PHIL 2410: Know Thyself

[UConn Storrs]

We normally take ourselves to be in a privileged position to tell what state of mind we are at any given moment – whether we feel tired, have a headache, want a cup of tea, are nervous about tonight’s date, or are thinking about tomorrow’s exam; and so on. This kind of basic self-knowledge seems effortless by comparison to the knowledge we have of others’ mental states. It also seems much easier by comparison to the ‘lofty’ self-knowledge we may aspire to achieve through deep self-examination, or therapy. In our own case, we don’t appear to have any need to consult evidence, observe our own behavior, or engage in interpretation or analysis. At the same time, basic self-knowledge seems more secure than knowledge of others’ minds. When you say how you feel or what you’re thinking, you seem to be both more certain and much less open to challenge or correction than when you pronounce on the mental states of others. But why is that?
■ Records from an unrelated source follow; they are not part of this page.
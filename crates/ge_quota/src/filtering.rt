//! Filters of rules.

ghost use Rattle.std.specs.Prelude.{◌≡◌, ◌∷◌, [], ℕ, Bool, List, IfOk};
ghost use Rattle.std.specs.List.{list_any};
ghost use Rattle.ge_collections.specs.Keyed.{text_eq};
ghost use Rattle.ge_model_text.specs.Pattern.{pattern_covers};
ghost use Rattle.ge_model_rows.specs.Pieces.{is_empty};
ghost use Rattle.ge_model_place.specs.Quotas.{names_one, filter_admits, admits_name};

use crate::asking::Who;
use ge_rows::{Cluster, Filter, Groups, Text};
use ge_site::{group_has, in_set};
use ge_text::matches;
use std::alloc::{AllocError, Global};

fn is_star(pattern: &[u8]) -> bool
    ensures { result ≡ text_eq pattern.now (42 ∷ []) }
{
    match pattern {
        [b'*'] => true,
        _ => false,
    }
}

// Whether a pattern stands for a name. Most patterns of filters are `*`, which stands for every name.
#[tactic(auto, using(crate::proofs::Patterns::star_covers))]
fn stands_for(pattern: &[u8], name: &[u8]) -> bool
    ensures { result ≡ pattern_covers pattern.now name.now }
{
    is_star(pattern) || matches(pattern, name)
}

/// Whether an element of a filter names what is asked for.
pub(crate) trait Asked {
    ghost names_by: { Self → List ℕ → Bool };

    /// Whether this element names it. A name of a user set is copied, to be looked up.
    fn is_named(&self, alloc: Global, element: &Text) -> Result<bool, AllocError>
        ensures { IfOk result (λ named. named ≡ names_by self.now element.now) };
}

/// A user, named by a pattern or by `@` and a user set.
#[derive(Clone, Copy)]
pub(crate) struct AskedUser<'a> {
    pub(crate) cluster: &'a Cluster,
    pub(crate) who: &'a Who<'a>,
}

impl<'a> Asked for AskedUser<'a> {
    ghost use Rattle.ge_model_place.specs.Quotas.{names_user};
    ghost use Rattle.ge_quota.specs.Asked.{asked_by};

    ghost names_by = { λ asked. names_user asked.cluster.now (asked_by asked.who.now) };

    fn is_named(&self, alloc: Global, element: &Text) -> Result<bool, AllocError> {
        match element.bytes() {
            [first, name @ ..] => {
                if *first == b'@' {
                    let set = Text::from_bytes(alloc, name)?;
                    Ok(in_set(self.cluster, &set, self.who.user, self.who.group))
                } else {
                    Ok(stands_for(element.bytes(), self.who.user.bytes()))
                }
            }
            [] => Ok(false),
        }
    }
}

/// A host, named by a pattern or by a group of hosts.
#[derive(Clone, Copy)]
pub(crate) struct AskedHost<'a> {
    pub(crate) groups: &'a Groups,
    pub(crate) host: &'a Text,
}

impl<'a> Asked for AskedHost<'a> {
    ghost use Rattle.ge_model_place.specs.Quotas.{names_host};

    ghost names_by = { λ asked. names_host asked.groups.now asked.host.now };

    fn is_named(&self, _alloc: Global, element: &Text) -> Result<bool, AllocError> {
        match element.bytes() {
            [first, ..] => {
                if *first == b'@' {
                    Ok(group_has(self.groups, element, self.host))
                } else {
                    Ok(stands_for(element.bytes(), self.host.bytes()))
                }
            }
            [] => Ok(false),
        }
    }
}

/// A project, a parallel environment or a queue, named by a pattern.
#[derive(Clone, Copy)]
pub(crate) struct AskedName<'a> {
    pub(crate) name: &'a Text,
}

impl<'a> Asked for AskedName<'a> {
    ghost use Rattle.ge_model_place.specs.Quotas.{names};

    ghost names_by = { λ asked. names asked.name.now };

    fn is_named(&self, _alloc: Global, element: &Text) -> Result<bool, AllocError> {
        Ok(stands_for(element.bytes(), self.name.bytes()))
    }
}

fn has_no_name(name: &Text) -> bool
    ensures { result ≡ is_empty name.now }
{
    name.bytes().is_empty()
}

fn is_named_by_one<A: Asked>(
    alloc: Global,
    asked: &A,
    elements: &[Text],
) -> Result<bool, AllocError>
    ensures { IfOk result (λ named. named ≡ list_any (A.names_by asked.now) elements.now) }
{
    for element in elements {
        if asked.is_named(alloc, element)? {
            return Ok(true);
        }
    }
    Ok(false)
}

fn is_named_among<A: Asked>(
    alloc: Global,
    asked: &A,
    name: &Text,
    elements: &[Text],
) -> Result<bool, AllocError>
    ensures { IfOk result (λ named. named ≡ names_one (A.names_by asked.now) name.now elements.now) }
{
    if has_no_name(name) {
        return Ok(false);
    }
    is_named_by_one(alloc, asked, elements)
}

fn is_in_filter<A: Asked>(
    alloc: Global,
    asked: &A,
    name: &Text,
    filter: &Filter,
) -> Result<bool, AllocError>
    ensures { IfOk result (λ admitted. admitted ≡ filter_admits (A.names_by asked.now) name.now filter.now) }
{
    let plain = filter.plain.items();
    let named = plain.is_empty() || is_named_among(alloc, asked, name, plain)?;
    Ok(named && !is_named_among(alloc, asked, name, filter.without.items())?)
}

/// Whether a filter admits a name; one that is missing admits all.
pub(crate) fn is_admitted<A: Asked>(
    alloc: Global,
    asked: &A,
    name: &Text,
    filter: &Option<Filter>,
) -> Result<bool, AllocError>
    ensures { IfOk result (λ admitted. admitted ≡ admits_name (A.names_by asked.now) name.now filter.now) }
{
    match filter {
        Some(filter) => is_in_filter(alloc, asked, name, filter),
        None => Ok(true),
    }
}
The effortless yet secure character of basic self-knowledge seems especially puzzling if we embrace the contemporary scientific perspective on ourselves. According to that perspective, human minds are an integral part of the natural world, nothing more than brains and central nervous systems, which appears to imply that the commonsense idea that we have privileged knowledge of our own states of mind is due to some kind of an illusion. After all, we are not presumed to be in a special position to know things about chemical processes in our stomachs; why should we be in such a position with respect to neural processes in our brains? Our aim in this course will be to understand the character of basic self-knowledge and the source of its privileged status from both a philosophical and a scientific point of view. We will first consider philosophical problems associated with self-knowledge, and then examine some answers proposed by both philosophers and scientists, assessing their merits and weaknesses.

Note This class has a catalog-level pre-requisite of PHIL 1101/1102/1103/1104/1105/1106/1107. We can override this pre-requisite. If you are an Honors student, you may request enrollment by emailing honors@uconn.edu and including (1) your name; (2) your 7-digit Student Admin number; (3) your registration “pick time”; (4) the course number and section; (5) the class number from Student Admin; and (6) confirmation that there are seats available in the course.